"I see the IPL becoming bigger than the NFL, the NBA, the English Premier League."
The third season of the IPL kicked off yesterday and as befits the most modern of cricket tournaments, I tuned in via YouTube (and ITV4) to see what all the fuss was about. All the hype created around the IPL, mainly by Lalit Modi, suggested that it was going to be the biggest thing since The Beatles. It isn't and as far as I am concerned it is more akin to Kula Shakar then the four moptops from Liverpool.
Firstly, supporters plus the global TV and internet audience had to contend with the opening ceremony, which dragged on for an hour. I don't particularly enjoy opening ceremonies and this wasn't the Olympics or the football World Cup; although doubtless Modi feels he can surpass both.
But what about the cricket? The opening match saw the reigning champions, Deccan Chargers, taking on the perenniel underachievers, the Kolkata Knight Riders in Mumbai. Given that this was a 'home' match for Deccan (security concerns mean that they can't play in Hyderabad), the fact that the ground was 70% full is not too bad I suppose. Although I would guess that the first games of the season for the New Orleans Saints and Manchester United would be sold out long before the actual game.
I actually enjoyed some of the cricket. It was good to see Chaminda Vaas show that T20 isn't just about batsmen hitting boundaries by taking two wickets in the first over. I also enjoyed the unbroken 131 partnership between Owais Shah, who surely will be in England's World T20 squad, and Angelo Matthews, which saw the Knight Riders post a competitive 161/4. It was also good to see Adam Gilchrist teeing off - especially as it wasn't against England. But overall the game was a bit of a damp squib with Deccan throwing the game away after the lightning start provided by Gilchrist and VVS Laxman.

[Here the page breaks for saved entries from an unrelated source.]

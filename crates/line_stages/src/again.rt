// What a line goes on with again.
ghost use Rattle.std.specs.Prelude.{◌≡◌, IfOk, IfSome, Option, is_some, true};
ghost use Rattle.std.specs.List.Sorted.{IsStrictlySortedBy};
ghost use Rattle.std.specs.Map.{keys_of};
ghost use Rattle.lock_definitions.specs.Order.{lock_cmp};
ghost use Rattle.core_definitions.specs.LineEffects.{again_by, set_anew, with_under};
ghost use Rattle.core_definitions.specs.Lines as core;
ghost use Rattle.core_definitions.specs.Lines.{needed_mode, sole_segment};
ghost use Rattle.core_definitions.specs.Servers.{stage_of};
ghost use Rattle.core_definitions.specs.Settings.{Setting, disk_logs};
ghost use Rattle.set_definitions.specs.Sets.{first_set, joined_all, next_segment};
ghost use Rattle.kept_plans.specs.Kept.{IsKeptBeside};
ghost use Rattle.line_stages.specs.Agains.{IsAgain, IsAgainAt, IsFirstWhereAnew};
ghost use Rattle.line_stages.specs.declared.again.Again.TheVariants as agains;
ghost use Rattle.line_stages.specs.Growing.{end_grown, line_grown};
ghost use Rattle.line_stages.specs.Reading.{path_line};
ghost use Rattle.line_stages.specs.Stages.{wants_plan};
ghost use Rattle.server_core.specs.States.{KeepsRoom};

use crate::stage::{Stage, path_line, stage_of};
use frang_base::{LockId, Mode, NoMemory};
use kept_plans::{KeptEnd, KeptPlan, PlannedLine};
use lock_sets::{LockSet, SeenSectors};
use lock_table::LockTable;
use server_core::Server;
use std::alloc::Global;

/// What a line goes on with again, made ready.
#[derive(Drop)]
pub enum Again {
    /// A seen sector has moved: this is the set with which a line begins. Nothing is seen then.
    Anew(LockSet),
    /// The set has grown: this is the set then, and what is seen.
    Grown(LockSet, SeenSectors),
    /// The line is finished: its log gives up its oldest records.
    Reclaim,
}

/// Makes ready what a server's line goes on with again, on a disk of so many segments. `None` exactly where the line is at another stage than those that go on again: nothing has moved, its set
/// doesn't grow and it isn't finished. Its one refusal is want of memory.
pub fn ready_again(
    alloc: Global,
    table: &LockTable,
    server: &Server,
    segments: u32,
    plan: &Option<KeptPlan>,
) -> Result<Option<Again>, NoMemory>
    ensures first { IfOk result (λ again. IfSome again IsFirstWhereAnew) }
    ensures is { IfOk result (λ again. (setting : Setting) → setting.segments ≡ segments → (wants_plan table.now.locks server.now.id server.now.server ≡ true → is_some plan.now ≡ true)
        → IsKeptBeside setting server.now.server plan.now
        → IsAgainAt server.now.server (stage_of setting table.now.locks server.now.id server.now.server) again) }
{
    match stage_of(table, server, plan) {
        Some(Stage::Moving) => Ok(Some(Again::Anew(LockSet::first(alloc)?))),
        Some(Stage::Growing) => {
            see_order(server);
            let again = grown(table, server, segments, plan)?;
            Ok(again)
        }
        Some(Stage::Finishing) => Ok(Some(Again::Reclaim)),
        _ => Ok(None),
    }
}

/// A server's line goes on again with what was made ready for its stage.
pub fn go_again(server: &mut Server, again: Again)
    requires { IsFirstWhereAnew again }
    ensures server { (at : Option core.Stage) → IsAgain server.old.server at again → server.new.server ≡ again_by disk_logs at server.old.server }
    ensures room { KeepsRoom server.old server.new }
{
    match again {
        Again::Anew(first) => go_anew(server, first),
        Again::Grown(set, seen) => server.line_grown(set, seen),
        Again::Reclaim => server.reclaim(),
    }
}

// Its set begins anew.
fn go_anew(server: &mut Server, first: LockSet)
    requires { first ≡ first_set }
    ensures server { server.new.server ≡ with_under server.old.server set_anew }
    ensures room { KeepsRoom server.old server.new }
{
    server.line_anew(first);
}

// The locks of a line's set ascend.
fn see_order(server: &Server)
    ensures { IfSome server.now.server.under (λ u. IsStrictlySortedBy lock_cmp (keys_of u.set)) }
{
    if let Some(under) = server.under() {
        let _locks = under.set().as_slice();
    }
}

// The set of a server's line as it has grown, and what is seen then.
fn grown(
    table: &LockTable,
    server: &Server,
    segments: u32,
    plan: &Option<KeptPlan>,
) -> Result<Option<Again>, NoMemory>
    ensures { IfOk result (λ again. again ≡ line_grown (next_segment segments table.now.locks server.now.id) plan.now (path_line server.now.server)) }
{
    match (path_line(server), plan) {
        (Some(under), Some(KeptPlan::Planned(plan))) => {
            let again = grown_by(table, server, segments, under.set(), plan)?;
            Ok(Some(again))
        }
        _ => Ok(None),
    }
}

// By its set and how its plan ends.
fn grown_by(
    table: &LockTable,
    server: &Server,
    segments: u32,
    set: &LockSet,
    plan: &PlannedLine,
) -> Result<Again, NoMemory>
    ensures { IfOk result (λ again. again ≡ agains.Grown (end_grown set.now (next_segment segments table.now.locks server.now.id set.now) plan.now.end) plan.now.seen) }
{
    let grown = grown_set(table, server, segments, set, &plan.end)?;
    let seen = plan.seen.try_copy()?;
    Ok(Again::Grown(grown, seen))
}

fn grown_set(
    table: &LockTable,
    server: &Server,
    segments: u32,
    set: &LockSet,
    end: &KeptEnd,
) -> Result<LockSet, NoMemory>
    ensures { IfOk result (λ grown. grown ≡ end_grown set.now (next_segment segments table.now.locks server.now.id set.now) end.now) }
{
    match end {
        KeptEnd::Need { cover, .. } => set.grown(&[(*cover, needed_mode(*cover))]),
        KeptEnd::Segments => with_segment(set, next_segment(table, server, segments, set)),
        KeptEnd::Clear { locks, .. } => set.grown(locks.as_slice()),
        KeptEnd::Done(done) => set.grown(done.locks.as_slice()),
    }
}

// The next segment to join a set.
fn next_segment(table: &LockTable, server: &Server, segments: u32, set: &LockSet) -> Option<u32>
    ensures { result ≡ next_segment segments table.now.locks server.now.id set.now }
{
    table.next_segment(server.id(), segments, set.as_slice())
}

// With a segment more, where there is one.
fn with_segment(set: &LockSet, segment: Option<u32>) -> Result<LockSet, NoMemory>
    ensures { IfOk result (λ grown. grown ≡ joined_all set.now (sole_segment segment)) }
{
    match segment {
        Some(segment) => set.grown(&[(LockId::Segment(segment), Mode::Sole)]),
        None => set.try_copy(),
    }
}

// A segment is needed sole and a node shared.
fn needed_mode(lock: LockId) -> Mode
    ensures { result ≡ needed_mode lock }
{
    match lock {
        LockId::Segment(_) => Mode::Sole,
        LockId::Log(_) | LockId::Node(_) => Mode::Shared,
    }
}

As my first experience of the IPL, I'd say it was ok but not great. I can understand why the tournament is big news in India where the combination of bollywood razzmatazz, clever marketing and the participation of India's biggest cricket stars makes it an appetising proposition in cricket's biggest market. But as for Modi's global ambitions, I just can't see it competing successfully with the international game over a long period; the Champions League seems the best chance of doing that.

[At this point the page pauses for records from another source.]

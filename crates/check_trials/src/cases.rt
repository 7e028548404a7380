//! The table of cases on standard input.
//!
//! A line is `NAME: ROW; ROW; ..`, and a row is its code and its fields a, b, c, d, r, s and n, as many as are not 0.
use crate::verdict::{Refused, head, verdict};
use sheet::Row;
use std::alloc::Global;

fn numbers_of(heap: Global, text: &str) -> anyhow::Result<Vec<i32>> {
    let mut numbers = Vec::new(heap);
    for word in text.split_whitespace() {
        numbers.push(word.parse::<i32>()?)?;
    }
    Ok(numbers)
}

fn number(numbers: &[i32], i: usize) -> i32 {
    numbers.get(i).copied().unwrap_or(0)
}

fn field(numbers: &[i32], i: usize) -> u16 {
    u16::try_from(number(numbers, i)).unwrap_or(0)
}

fn row_of(numbers: &[i32]) -> Row {
    Row {
        code: field(numbers, 0),
        line: 0,
        a: field(numbers, 1),
        b: field(numbers, 2),
        c: field(numbers, 3),
        d: field(numbers, 4),
        r: field(numbers, 5),
        s: field(numbers, 6),
        n: number(numbers, 7),
    }
}

fn try_case(rt: &HostRuntime, name: &str, text: &str) -> anyhow::Result<()> {
    let mut rows = Vec::new(rt.alloc());
    for part in text.split(';') {
        let numbers = numbers_of(rt.alloc(), part)?;
        rows.push(row_of(numbers.as_slice()))?;
    }
    let count = rows.len();
    match verdict(rt, head(8), rows.as_slice(), count)? {
        Ok(_) => println!(rt; "{name}: accepted")?,
        Err(Refused { number, row }) => println!(rt; "{name}: {number} at row {row}")?,
    }
    Ok(())
}

pub(crate) fn try_cases(rt: &HostRuntime) -> anyhow::Result<()> {
    for line in rt.lines(rt.alloc()) {
        let line = line?;
        match line.as_str().split_once(':') {
            Some((name, text)) => try_case(rt, name, text)?,
            None => rt.println(line.as_str())?,
        }
    }
    Ok(())
}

Modi reminds me of Tony James, the bass player in Sigue Sigue Sputnik. James created a hype around the band that enabled them to score a massive deal from EMI and masses of press coverage before they had released a record. When they finally did, Love Missile F1-11 was propelled to the top of the charts. Then everyone realised that Sputnik were not the second coming and their fall was as dramatic as their rise. Will the same happen to the IPL?
I will continue to tune in especially to the matches of my adopted team, the Delhi Daredevils, but my overall impression is that test cricket is not as in danger as I thought. Perhaps I should add a caveat to that though given the boredom that is the 2nd day between Bangladesh and England so far zzzzz.